▸ **Assignment**: Lines containing "Plain" should be pulled from the material below.

▸ **Available data**:
··········
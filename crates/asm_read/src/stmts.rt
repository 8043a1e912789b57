// Statements by their rows.
ghost use Rattle.std.specs.Prelude.{◌≡◌, IfOk, map};
ghost use Rattle.std.specs.Option.{option_map};
ghost use Rattle.asm_item.specs.Args.{shown};
ghost use Rattle.asm_read.specs.Stmts as spec;
ghost use Rattle.asm_read.specs.Coded.{shown_coded};
ghost use Rattle.asm_read.specs.Shown.{shown_stmt, shown_part};

use crate::numerals::{byte_of, full_of, half_of, signed_of};
use crate::table::{Coded, alone, one, two};
use asm_item::{Arg, Item, Keyword, Label, Number, Operand, Val, Word, is_file};
use num_le::Name;
use std::alloc::{AllocError, Global};

/// A part of a group.
#[derive(Drop)]
pub enum Part {
    Val(Val),
    Scl(i32),
    Ty(u16),
    Tag(Name),
    Line(u16),
    Size(u16),
    Dims(Vec<u16>),
}

/// A label or a statement.
#[derive(Drop)]
pub enum Stmt {
    /// An item that is one statement.
    Item(Item),
    /// `.def`
    Begin(Name),
    /// A part of a group.
    Part(Part),
    /// `.endef`
    End,
}

fn name_of<'a>(a: Arg<'a>) -> Option<&'a [u8]>
    ensures { option_map (λ k. k.now) result ≡ spec.name_of (shown a.entry) }
{
    match a {
        Arg::Plain(Operand::Name(k)) => Some(k),
        _ => None,
    }
}

fn number_of(a: Arg<'_>) -> Option<Number>
    ensures { result ≡ spec.number_of (shown a.entry) }
{
    match a {
        Arg::Plain(Operand::Number(n)) => Some(n),
        _ => None,
    }
}

fn full(a: Arg<'_>) -> Option<u32>
    ensures { result ≡ spec.full (shown a.entry) }
{
    full_of(number_of(a)?)
}

fn half(a: Arg<'_>) -> Option<u16>
    ensures { result ≡ spec.half (shown a.entry) }
{
    half_of(number_of(a)?)
}

fn byte(a: Arg<'_>) -> Option<u8>
    ensures { result ≡ spec.byte (shown a.entry) }
{
    byte_of(number_of(a)?)
}

fn signed(a: Arg<'_>) -> Option<i32>
    ensures { result ≡ spec.signed (shown a.entry) }
{
    signed_of(number_of(a)?)
}

/// The number that is taken off, in 32 bits with its sign.
fn opposite(n: Number) -> Option<i32>
    ensures { result ≡ spec.opposite n }
{
    Some(0u32.wrapping_sub(full_of(n)?).cast_signed())
}

fn one_item(i: Option<Item>) -> Option<Stmt>
    ensures { option_map shown_stmt result ≡ spec.one_item i }
{
    Some(Stmt::Item(i?))
}

fn one_part(p: Option<Part>) -> Option<Stmt>
    ensures { option_map shown_stmt result ≡ spec.one_part (option_map shown_part p) }
{
    Some(Stmt::Part(p?))
}

/// The instruction, with a name of its own in its label.
fn code(alloc: Global, coded: Option<Coded<'_>>) -> Result<Option<Stmt>, AllocError>
    ensures { IfOk result (λ s. option_map shown_stmt s ≡ spec.code (option_map shown_coded coded.entry)) }
{
    let Some(c) = coded else {
        return Ok(None);
    };
    let label = match c.label {
        None => None,
        Some(l) => Some(Label {
            field: l.field,
            name: Name::of(alloc, l.name)?,
            add: l.add,
        }),
    };
    Ok(Some(Stmt::Item(Item::Code(c.ins, label))))
}

/// The name of an argument that is one.
fn own_name(alloc: Global, a: Arg<'_>) -> Result<Option<Name>, AllocError>
    ensures { IfOk result (λ k. k ≡ spec.name_of (shown a.entry)) }
{
    match name_of(a) {
        None => Ok(None),
        Some(k) => Ok(Some(Name::of(alloc, k)?)),
    }
}

fn file(alloc: Global, a: Arg<'_>) -> Result<Option<Item>, AllocError>
    ensures { IfOk result (λ i. i ≡ spec.file (shown a.entry)) }
{
    match a {
        Arg::Text(q) if is_file(q) => Ok(Some(Item::File(Name::of(alloc, q)?))),
        _ => Ok(None),
    }
}

fn word_label(alloc: Global, k: &[u8], add: Option<i32>) -> Result<Option<Word>, AllocError>
    ensures { IfOk result (λ w. w ≡ spec.word_label k.now add) }
{
    match add {
        None => Ok(None),
        Some(add) => Ok(Some(Word::Label(Name::of(alloc, k)?, add))),
    }
}

fn datum(alloc: Global, a: Arg<'_>) -> Result<Option<Word>, AllocError>
    ensures { IfOk result (λ w. w ≡ spec.datum (shown a.entry)) }
{
    match a {
        Arg::Plain(Operand::Number(n)) => Ok(full_of(n).map(|x| Word::Number(x))),
        Arg::Plain(Operand::Name(k)) => word_label(alloc, k, Some(0)),
        Arg::Plain(Operand::Plus(k, n)) => word_label(alloc, k, signed_of(n)),
        Arg::Plain(Operand::Minus(k, n)) => word_label(alloc, k, opposite(n)),
        _ => Ok(None),
    }
}

fn value(alloc: Global, a: Arg<'_>) -> Result<Option<Val>, AllocError>
    ensures { IfOk result (λ v. v ≡ spec.value (shown a.entry)) }
{
    match a {
        Arg::Plain(Operand::Number(n)) => Ok(full_of(n).map(|x| Val::Number(x))),
        Arg::Plain(Operand::Name(k)) => Ok(Some(Val::Label(Name::of(alloc, k)?))),
        Arg::Here => Ok(Some(Val::Here)),
        _ => Ok(None),
    }
}

/// One number of 16 bits for each argument.
fn each_half(alloc: Global, args: &[Arg<'_>]) -> Result<Option<Vec<u16>>, AllocError>
    ensures { IfOk result (λ o. option_map (λ v. v.items) o ≡ spec.each_half (map shown args.now)) }
{
    let mut out = Vec::new(alloc);
    for a in args {
        match half(*a) {
            Some(n) => out.push(n)?,
            None => return Ok(None),
        }
    }
    Ok(Some(out))
}

fn dimensions(alloc: Global, args: &[Arg<'_>]) -> Result<Option<Stmt>, AllocError>
    ensures { IfOk result (λ s. option_map shown_stmt s ≡ spec.one_part (spec.dimensions (map shown args.now))) }
{
    Ok(one_part(each_half(alloc, args)?.map(|ns| Part::Dims(ns))))
}

fn line_number(a: Arg<'_>) -> Option<Item>
    ensures { result ≡ spec.line_number (shown a.entry) }
{
    let n = half(a)?;
    if n == 0 {
        return None;
    }
    Some(Item::Ln(u32::from(n)))
}

fn align(a: Arg<'_>) -> Option<Item>
    ensures { result ≡ spec.align (shown a.entry) }
{
    if full(a) != Some(4) {
        return None;
    }
    Some(Item::Align)
}

fn bare_statement(alloc: Global, word: Keyword) -> Result<Option<Stmt>, AllocError>
    ensures { IfOk result (λ s. option_map shown_stmt s ≡ spec.bare_statement word) }
{
    match word {
        Keyword::Text => Ok(Some(Stmt::Item(Item::Section(1)))),
        Keyword::Init => Ok(Some(Stmt::Item(Item::Section(2)))),
        Keyword::Endef => Ok(Some(Stmt::End)),
        _ => code(alloc, alone(word)),
    }
}

/// The part of a group that a word and an argument make.
fn group_part(alloc: Global, word: Keyword, a: Arg<'_>) -> Result<Option<Part>, AllocError>
    ensures { IfOk result (λ p. option_map shown_part p ≡ spec.group_part word (shown a.entry)) }
{
    match word {
        Keyword::Val => Ok(value(alloc, a)?.map(|v| Part::Val(v))),
        Keyword::Scl => Ok(signed(a).map(|z| Part::Scl(z))),
        Keyword::Ty => Ok(half(a).map(|n| Part::Ty(n))),
        Keyword::Tag => Ok(own_name(alloc, a)?.map(|k| Part::Tag(k))),
        Keyword::Line => Ok(half(a).map(|n| Part::Line(n))),
        Keyword::Size => Ok(half(a).map(|n| Part::Size(n))),
        _ => Ok(None),
    }
}

/// The item that a directive and an argument make.
fn directive(alloc: Global, word: Keyword, a: Arg<'_>) -> Result<Option<Item>, AllocError>
    ensures { IfOk result (λ i. i ≡ spec.directive word (shown a.entry)) }
{
    match word {
        Keyword::File => file(alloc, a),
        Keyword::Globl => Ok(own_name(alloc, a)?.map(|k| Item::Globl(k))),
        Keyword::Byte => Ok(byte(a).map(|n| Item::Byte(n))),
        Keyword::Value => Ok(half(a).map(|n| Item::Value(n))),
        Keyword::Long => Ok(datum(alloc, a)?.map(|w| Item::Long(w))),
        Keyword::Zero => Ok(full(a).map(|n| Item::Zero(n))),
        Keyword::Align => Ok(align(a)),
        Keyword::Ln => Ok(line_number(a)),
        _ => Ok(None),
    }
}

fn begin(alloc: Global, a: Arg<'_>) -> Result<Option<Stmt>, AllocError>
    ensures { IfOk result (λ s. option_map shown_stmt s ≡ spec.begin_of (shown a.entry)) }
{
    Ok(own_name(alloc, a)?.map(|k| Stmt::Begin(k)))
}

fn one_statement(alloc: Global, word: Keyword, a: Arg<'_>) -> Result<Option<Stmt>, AllocError>
    ensures { IfOk result (λ s. option_map shown_stmt s ≡ spec.one_statement word (shown a.entry)) }
{
    match word {
        Keyword::File
        | Keyword::Globl
        | Keyword::Byte
        | Keyword::Value
        | Keyword::Long
        | Keyword::Zero
        | Keyword::Align
        | Keyword::Ln => Ok(one_item(directive(alloc, word, a)?)),
        Keyword::Def => begin(alloc, a),
        Keyword::Val | Keyword::Scl | Keyword::Ty | Keyword::Tag | Keyword::Line | Keyword::Size =>
            Ok(one_part(group_part(alloc, word, a)?)),
        Keyword::Dim => dimensions(alloc, &[a]),
        _ => code(alloc, one(word, a)),
    }
}

fn common(alloc: Global, word: Keyword, a: Arg<'_>, b: Arg<'_>) -> Result<Option<Item>, AllocError>
    ensures { IfOk result (λ i. i ≡ spec.common word (shown a.entry) (shown b.entry)) }
{
    let (Some(k), Some(n)) = (name_of(a), full(b)) else {
        return Ok(None);
    };
    let name = Name::of(alloc, k)?;
    match word {
        Keyword::Comm => Ok(Some(Item::Comm(name, n))),
        _ => Ok(Some(Item::Lcomm(name, n))),
    }
}

fn two_statement(
    alloc: Global,
    word: Keyword,
    a: Arg<'_>,
    b: Arg<'_>,
) -> Result<Option<Stmt>, AllocError>
    ensures { IfOk result (λ s. option_map shown_stmt s ≡ spec.two_statement word (shown a.entry) (shown b.entry)) }
{
    match word {
        Keyword::Comm | Keyword::Lcomm => Ok(one_item(common(alloc, word, a, b)?)),
        Keyword::Dim => dimensions(alloc, &[a, b]),
        _ => code(alloc, two(word, a, b)),
    }
}

fn long_statement(
    alloc: Global,
    word: Keyword,
    args: &[Arg<'_>],
) -> Result<Option<Stmt>, AllocError>
    ensures { IfOk result (λ s. option_map shown_stmt s ≡ spec.long_statement word (map shown args.now)) }
{
    match word {
        Keyword::Dim if args.len() <= 4 => dimensions(alloc, args),
        _ => Ok(None),
    }
}

/// The statement of a word and its arguments. None where there is none.
#[tactic(auto, using(crate::proofs::Rows::make_long))]
pub fn make(alloc: Global, word: Keyword, args: &[Arg<'_>]) -> Result<Option<Stmt>, AllocError>
    ensures { IfOk result (λ s. option_map shown_stmt s ≡ spec.make word (map shown args.now)) }
{
    match args {
        [] => bare_statement(alloc, word),
        [a] => one_statement(alloc, word, *a),
        [a, b] => two_statement(alloc, word, *a, *b),
        [_, _, _, ..] => long_statement(alloc, word, args),
    }
}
··········
▸ **Completed exercise**:
        Arg::Plain(Operand::Name(k)) => Some(k),
        Arg::Plain(Operand::Number(n)) => Some(n),
        Arg::Plain(Operand::Number(n)) => Ok(full_of(n).map(|x| Word::Number(x))),
        Arg::Plain(Operand::Name(k)) => word_label(alloc, k, Some(0)),
        Arg::Plain(Operand::Plus(k, n)) => word_label(alloc, k, signed_of(n)),
        Arg::Plain(Operand::Minus(k, n)) => word_label(alloc, k, opposite(n)),
        Arg::Plain(Operand::Number(n)) => Ok(full_of(n).map(|x| Val::Number(x))),
        Arg::Plain(Operand::Name(k)) => Ok(Some(Val::Label(Name::of(alloc, k)?))),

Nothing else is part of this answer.